In ärmeren Regionen Deutschlands sterben Krebskranke eher als in wohlhabenderen Regionen



Wer in ärmeren Landkreisen Deutschlands wohnt, hat bei einer Krebserkrankung eine deutlich geringere Überlebenschance als jemand, der in einem wohlhabenderen Landkreis lebt. Die Diskrepanz zeigt sich besonders krass in den ersten drei Monaten nach der Diagnose, berichtete das Deutsche Krebsforschungszentrum (DKFZ) unter Berufung auf eine hauseigene Studie einer Forschergruppe um Professor Hermann Brenner. Sie hat 10 der insgesamt 16 deutschen Landeskrebsregister ausgewertet und dabei die Daten von einer Million anonymer Patienten, die zwischen 1997 und 2006 an einer der 25 häufigsten Krebsarten erkrankt waren, analysiert. [1]

Innerhalb der ersten drei Monate nach der Krebsdiagnose liegt das Sterberisiko von Patienten aus den sozioökonomisch schwächsten Landkreisen um 33 Prozent, innerhalb von neun Monaten nach der Diagnose noch immer um 20 Prozent und in den darauffolgenden vier Jahren um 16 Prozent höher. Die anfängliche Vermutung, daß Menschen in ärmeren Regionen seltener zur Früherkennung gehen, wurde laut Erstautorin Dr. Lina Jansen nicht bestätigt.

Die Forscher erklären, daß ihre Ergebnisse "nicht unbedingt Rückschlüsse" auf die individuelle Situation der Patienten zulassen, sondern auch damit zu tun haben könnten, daß "in den sozioökonomisch schwächeren Landkreisen spezialisierte Behandlungszentren schlechter erreichbar" sind "oder weniger Plätze bieten".

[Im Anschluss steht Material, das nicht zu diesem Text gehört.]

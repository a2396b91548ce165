//! Code that stands in a comment: after a `//` that is meant as a division, or an `end`.

use pb_base::NoMemory;
use pb_lexer::{Kind, LexFault, Mark, Token, lex};
use pb_mistakes::tokens::{declares, ends_expression, is_at, is_name, is_number, text_at};
use pb_mistakes::{Told, telling};
use std::alloc::Global;

/// Returns the mistake of the comment just after the token before the one with a number, in the same line, if code seems to
/// stand in it.
pub fn comment_mistake<'t>(
    alloc: Global,
    text: &'t [u8],
    tokens: &[Token<'t>],
    number: usize,
) -> Result<Option<Told<'t>>, NoMemory> {
    let Some(before) = number.checked_sub(1) else {
        return Ok(None);
    };
    let Some(at) = comment_behind(text, end_of(tokens, before)) else {
        return Ok(None);
    };
    let comment = comment_at(text, at);
    if ends_expression(tokens, before) && is_divisor(alloc, tokens, comment)? {
        return Ok(Some(telling(
            "`//` is no operator: it begins a comment",
            "a quotient is written a div b",
        )
        .placed_at("`//`: ", at)));
    }
    if tokens.len() <= number && comment.trim_ascii_end().ends_with(b"end") {
        return Ok(Some(telling(
            "the last `end` stands in a comment",
            "a comment goes on to the end of its line: write what is no comment in a line of its own",
        )
        .placed_at("the comment: ", at)));
    }
    Ok(None)
}

fn end_of(tokens: &[Token], number: usize) -> usize {
    match tokens.get(number) {
        Some(token) => token.end(),
        None => 0,
    }
}

/// Returns the offset of the comment that is after an offset of a text, with only blanks between them, if there is one.
fn comment_behind(text: &[u8], from: usize) -> Option<usize> {
    for at in from..text.len() {
        if !matches!(text[at], b' ' | b'\t') {
            return if text[at..].starts_with(b"//") {
                Some(at)
            } else {
                None
            };
        }
    }
    None
}

/// Returns what a comment says that begins at an offset.
fn comment_at(text: &[u8], at: usize) -> &[u8] {
    let begin = at.saturating_add(2).min(text.len());
    for end in begin..text.len() {
        if matches!(text[end], b'\n' | b'\r') {
            return &text[begin..end];
        }
    }
    &text[begin..]
}

/// Returns whether a comment seems to be the rest of a quotient: it begins with a number, an integer of the text or `(`, and
/// each name in it is declared there.
fn is_divisor(alloc: Global, tokens: &[Token], comment: &[u8]) -> Result<bool, NoMemory> {
    let words = match lex(alloc, comment) {
        Ok(words) => words,
        Err(LexFault::NoMemory) => return Err(NoMemory),
        Err(_) => return Ok(false),
    };
    let begins = is_number(&words, 0)
        || is_at(&words, 0, Mark::Open)
        || is_name(&words, 0) && declares(tokens, text_at(&words, 0));
    Ok(
        begins
            && words.iter().all(|word| word.kind() != Kind::Name || declares(tokens, word.text())),
    )
}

Sicherlich ist diese Erklärung notwendig, andernfalls sich die Studienautoren den Vorwurf einer voreingenommenen Interpretation aussetzen würden. Dennoch könnte man fragen, ob ein so reiches Land wie Deutschland nicht verhindern kann, daß sozioökonomisch schwächere Landkreise medizinisch schlechter ausgestattet oder Krebsbehandlungszentren schwerer erreichbar sind. In der Lesart der Entwicklungspolitik wären beides typische Merkmale eines Armutslands gegenüber einem reichen Land.

Also könnte man sagen, daß das statistisch nachgewiesene höhere Sterberisiko von Krebspatienten entweder mit den individuellen oder den regionalen sozioökonomischen Bedingungen zu tun hat, aber in beiden Fällen gleichermaßen Ausdruck eines gesellschaftlichen Arm-Reich-Gefälles ist.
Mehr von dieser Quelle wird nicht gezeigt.